Abstract
The stability of a suspension created through Electro Phoretic Deposition (EPD) relies on Zeta Potential (ZP), ensuring consistent surface charge for a uniform coating on implant materials like stainless steel. An experimental study using the Taguchi method determined the optimal Zeta Potential value for the EPD suspension consisting of Nano Chitason/SrCl2/MgO. The analysis revealed that SrCl2 has the most significant impact on the suspension’s ZP. Coating the stainless steel surface with specific concentrations of Chitosan, SrCl2, and MgO/hydroxyapatite was achieved through electrophoretic deposition (EPD), optimizing adhesion force and coating thickness using applied voltage, time, and temperature. The results demonstrated the effectiveness of the analysis in determining the optimum ZP value for various solutions prepared from different biomaterial particles.

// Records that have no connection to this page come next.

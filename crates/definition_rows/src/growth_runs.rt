//! Whole runs of lanes that make a root grow. Each is legal, and has the text that was worked out for
//! its trace.

ghost use Rattle.std.specs.Prelude.{◌≡◌, [], ◌∷◌, false};
ghost use Rattle.pool_law.specs.Legal.{IsLegal, logs_of};
ghost use Rattle.pool_law.specs.Text.{text_of};
ghost use Rattle.pool_law.specs.Lives.{Got, LivesOn, InOrder, moves_of};
ghost use Rattle.pool_law.specs.Apart.{EndsBefore};
ghost use Rattle.definition_rows.specs.Notes.{lines, least_region};
ghost use Rattle.definition_rows.specs.GrowthPlays.{sixteen, wider, left_taken, wider_taken};
ghost use Rattle.definition_rows.specs.GrowthRuns.{replaced, extended, too_full, outrun, far};
ghost use Rattle.definition_rows.specs.ElsewhereRuns.{elsewhere, following, first_used, far_taken, far_used, spare_used};

/// A root grows into another region, and the one that it leaves is put away.
pub fn replaced_run()
    ensures legal { IsLegal replaced }
    ensures text { text_of replaced false ≡ lines
        ("0.0 alloc ok 16 0.0+0"
        ∷ "0.1 set ok"
        ∷ "0.2 capacity ok 16"
        ∷ "0.3 capacity ok 100"
        ∷ "0.4 get ok ff00"
        ∷ "0.5 get ok 00"
        ∷ "0.6 release freed"
        ∷ "chunk 0.0 qInit used 65536 free 4128768"
        ∷ "end roots 1 live 0 leaks 0"
        ∷ []) }
{}

/// A root grows in its region.
pub fn extended_run()
    ensures legal { IsLegal extended }
    ensures text { text_of extended false ≡ lines
        ("0.0 alloc ok 32 0.0+0"
        ∷ "0.1 capacity ok 30"
        ∷ "0.2 capacity toolarge"
        ∷ "0.3 release freed"
        ∷ "chunk 0.0 qInit used 8192 free 4186112"
        ∷ "end roots 1 live 0 leaks 0"
        ∷ []) }
{}

/// A root does not grow where the arena is full.
pub fn too_full_run()
    ensures legal { IsLegal too_full }
    ensures text { text_of too_full false ≡ lines
        ("0.0 alloc ok 40960 0.0+0"
        ∷ "0.1 capacity full"
        ∷ "0.2 release freed"
        ∷ "end roots 1 live 0 leaks 0"
        ∷ []) }
{}

/// A lane that another outruns gives its root no region: the one that it took is kept unused, and
/// hit for the next root. Its view reaches as far as the other lane let the root grow.
pub fn outrun_run()
    ensures legal { IsLegal outrun }
    ensures text { text_of outrun false ≡ lines
        ("0.0 alloc ok 16 0.0+0"
        ∷ "0.1 retain ok"
        ∷ "0.2 send ok"
        ∷ "0.3 capacity ok 112"
        ∷ "0.4 alloc ok 112 0.0+8192"
        ∷ "0.5 get ok 00"
        ∷ "0.6 release freed"
        ∷ "0.7 release freed"
        ∷ "1.0 recv ok"
        ∷ "1.1 capacity ok 112"
        ∷ "1.2 release kept"
        ∷ "chunk 0.0 qInit used 65536 free 4128768"
        ∷ "chunk 1.0 qInit used 57344 free 4136960"
        ∷ "end roots 2 live 0 leaks 0"
        ∷ []) }
{}

/// A lane makes a root grow that another lane bore and holds a slice of. The slice stays as long as it
/// was, and reads what either lane wrote, while another root lies on the bytes that the root left.
pub fn elsewhere_run()
    ensures legal { IsLegal elsewhere }
    ensures text { text_of elsewhere false ≡ lines
        ("0.0 alloc ok 16 0.0+0"
        ∷ "0.1 set ok"
        ∷ "0.2 rslice ok"
        ∷ "0.3 send ok"
        ∷ "0.4 alloc ok 16 0.0+0"
        ∷ "0.5 set ok"
        ∷ "0.6 get ok 0308"
        ∷ "0.7 get range"
        ∷ "0.8 release freed"
        ∷ "0.9 release kept"
        ∷ "1.0 recv ok"
        ∷ "1.1 capacity ok 100"
        ∷ "1.2 set ok"
        ∷ "1.3 get ok 00"
        ∷ "1.4 release freed"
        ∷ "chunk 0.0 qInit used 8192 free 4186112"
        ∷ "chunk 1.0 qInit used 57344 free 4136960"
        ∷ "end roots 2 live 0 leaks 0"
        ∷ []) }
{}

/// The region that the root leaves returns once, by the lane that makes it grow, and the other lane's
/// next root uses it after that. The region that it goes on in is that lane's own. What a lane took
/// for nothing is used once, and returns once.
pub fn regions_of_these_runs()
    ensures left_lives { LivesOn Got (least_region 0) (moves_of first_used) }
    ensures left_order { InOrder (logs_of elsewhere) left_taken first_used }
    ensures far_lives { LivesOn Got (far 0) (moves_of far_used) }
    ensures far_order { InOrder (logs_of elsewhere) far_taken far_used }
    ensures apart { EndsBefore (logs_of elsewhere)
        sixteen (least_region 1) following (least_region 2) }
    ensures spare_lives { LivesOn Got (wider 0) (moves_of spare_used) }
    ensures spare_order { InOrder (logs_of outrun) wider_taken spare_used }
{}
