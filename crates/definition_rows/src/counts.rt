//! Counts of roots: of a lane, over all lanes, and as a lane looks one up.

ghost use Rattle.std.specs.Prelude.{◌≡◌, [], ◌∷◌};
ghost use Rattle.pool_law.specs.declared.note.Did.{Did};
ghost use Rattle.pool_law.specs.declared.note.RefDid.TheVariants.{Born, Retain, Kept, Ended, Vacated, Look};
ghost use Rattle.pool_law.specs.Counts.{count_of, total_of, CountsHold, TotalHolds, LookHolds};
ghost use Rattle.pool_law.specs.Legal.{LooksHold};
ghost use Rattle.definition_rows.specs.Notes.{root, view, mail, post, fetch, post_nothing};
ghost use Rattle.definition_rows.specs.Entries.{alone, on, access};
ghost use Rattle.definition_rows.specs.CountPlays.{four, whole_four, sent, came};

/// A lane's count rises with births, retains and parcels that come, and falls with releases and
/// parcels that go.
pub fn lane_counts()
    ensures none { count_of four [] ≡ 0 }
    ensures born { count_of four (on four Born ∷ []) ≡ 1 }
    ensures retained { count_of four (on four Born ∷ on four Retain ∷ []) ≡ 2 }
    ensures released { count_of four (on four Born ∷ on four Retain ∷ on four Kept ∷ []) ≡ 1 }
    ensures ended { count_of four (on four Born ∷ on four Ended ∷ on four Vacated ∷ []) ≡ 0 }
    ensures sent { count_of four (on four Born ∷ on four Retain ∷ sent ∷ []) ≡ 1 }
    ensures sent_nothing { count_of four (on four Born ∷ alone (mail 0 1 1 post_nothing) ∷ []) ≡ 1 }
    ensures came { count_of four (came ∷ []) ≡ 1 }
    ensures looked { count_of four (on four Born ∷ on four (Look 1) ∷ []) ≡ 1 }
    ensures of_another { count_of (root 0 2 4) (on four Born ∷ []) ≡ 0 }
{}

/// A lane uses a root only while it counts it.
pub fn uses_that_need_a_count()
    ensures in_order { CountsHold four 0
        (on four Born ∷ access four 2 Did.Touch ∷ on four (Look 1) ∷ on four Ended ∷ on four Vacated
        ∷ []) }
    ensures once_it_came { CountsHold four 0 (came ∷ access four 2 Did.Touch ∷ []) }
    ensures no_access { ¬ CountsHold four 0 (access four 2 Did.Touch ∷ []) }
    ensures no_retain { ¬ CountsHold four 0 (on four Retain ∷ []) }
    ensures no_look { ¬ CountsHold four 0 (on four (Look 1) ∷ []) }
    ensures no_release { ¬ CountsHold four 0 (on four Kept ∷ []) }
    ensures no_parcel { ¬ CountsHold four 0 (sent ∷ []) }
    ensures not_once_it_went { ¬ CountsHold four 1 (sent ∷ access four 2 Did.Touch ∷ []) }
    ensures end_of_one_count { ¬ CountsHold four 2 (on four Ended ∷ []) }
{}

/// The total of a root is one more than all retains less all releases, over all lanes.
pub fn totals()
    ensures born { total_of four ((on four Born ∷ []) ∷ []) ≡ 1 }
    ensures over_lanes { total_of four
        ((on four Born ∷ on four Retain ∷ []) ∷ (on four Retain ∷ on four Kept ∷ []) ∷ []) ≡ 2 }
    ensures ended { total_of four ((on four Born ∷ sent ∷ []) ∷ (came ∷ on four Ended ∷ []) ∷ [])
        ≡ 0 }
    // a parcel that nobody fetched is still counted
    ensures unfetched { total_of four ((on four Born ∷ sent ∷ []) ∷ [] ∷ []) ≡ 1 }
{}

/// A root is born once, and ends once, exactly where its total is 0.
pub fn births_and_ends_of_a_count()
    ensures live { TotalHolds four ((on four Born ∷ on four Retain ∷ on four Kept ∷ []) ∷ []) }
    ensures ended { TotalHolds four
        ((on four Born ∷ sent ∷ []) ∷ (came ∷ on four Ended ∷ []) ∷ []) }
    ensures not_born { ¬ TotalHolds four ([] ∷ []) }
    ensures born_twice { ¬ TotalHolds four ((on four Born ∷ []) ∷ (on four Born ∷ []) ∷ []) }
    ensures ended_twice { ¬ TotalHolds four
        ((on four Born ∷ on four Retain ∷ on four Ended ∷ []) ∷ (on four Ended ∷ []) ∷ []) }
    ensures ended_too_soon { ¬ TotalHolds four
        ((on four Born ∷ on four Retain ∷ on four Ended ∷ []) ∷ []) }
    ensures ended_too_late { ¬ TotalHolds four ((on four Born ∷ on four Kept ∷ []) ∷ []) }
{}

/// What a lane looks up is at least its own count, and at most what is left of its own retains and
/// of all retains of the others.
pub fn looks()
    // one birth and one retain of its own: exact where the root never left the lane
    ensures exact { LookHolds four 1 0 2 0 2 }
    ensures not_less { ¬ LookHolds four 1 0 2 0 1 }
    ensures not_more { ¬ LookHolds four 1 0 2 0 3 }
    // one retain and one release of its own, three retains of others
    ensures up_to_the_others { LookHolds four 1 1 1 3 4 }
    ensures not_past_them { ¬ LookHolds four 1 1 1 3 5 }
    ensures in_a_log { LooksHold four 0 0 0 0
        (on four Born ∷ on four (Look 1) ∷ on four Retain ∷ on four (Look 2) ∷ on four Kept
        ∷ on four (Look 1) ∷ []) }
    ensures not_in_a_log { ¬ LooksHold four 0 0 0 0
        (on four Born ∷ on four Retain ∷ on four Kept ∷ on four (Look 2) ∷ []) }
{}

Using electrophoretic deposition, a chitosan/strontium chloride/magnesium oxide/hydroxyapatite coating was developed on 316L stainless steel. Its corrosion resistance was studied using various techniques and compared to base 316L stainless steel using open-circuit potential, potentiodynamic polarization, and electrochemical impedance spectroscopy. The results indicated that the presence of the coating layer primarily controlled corrosion resistance, as evaluated in simulated body fluid (SBF) and simulated mouth saliva (SMS). The maximum coating efficiencies were 95.5% and 98.5% for SBF and SMS, respectively, at higher coating thickness and adhesion force levels. It was concluded that the chitosan, strontium chloride, magnesium oxide, and hydroxyapatite coating are well-suited for biomedical applications, providing defense against mechanical and chemical attacks.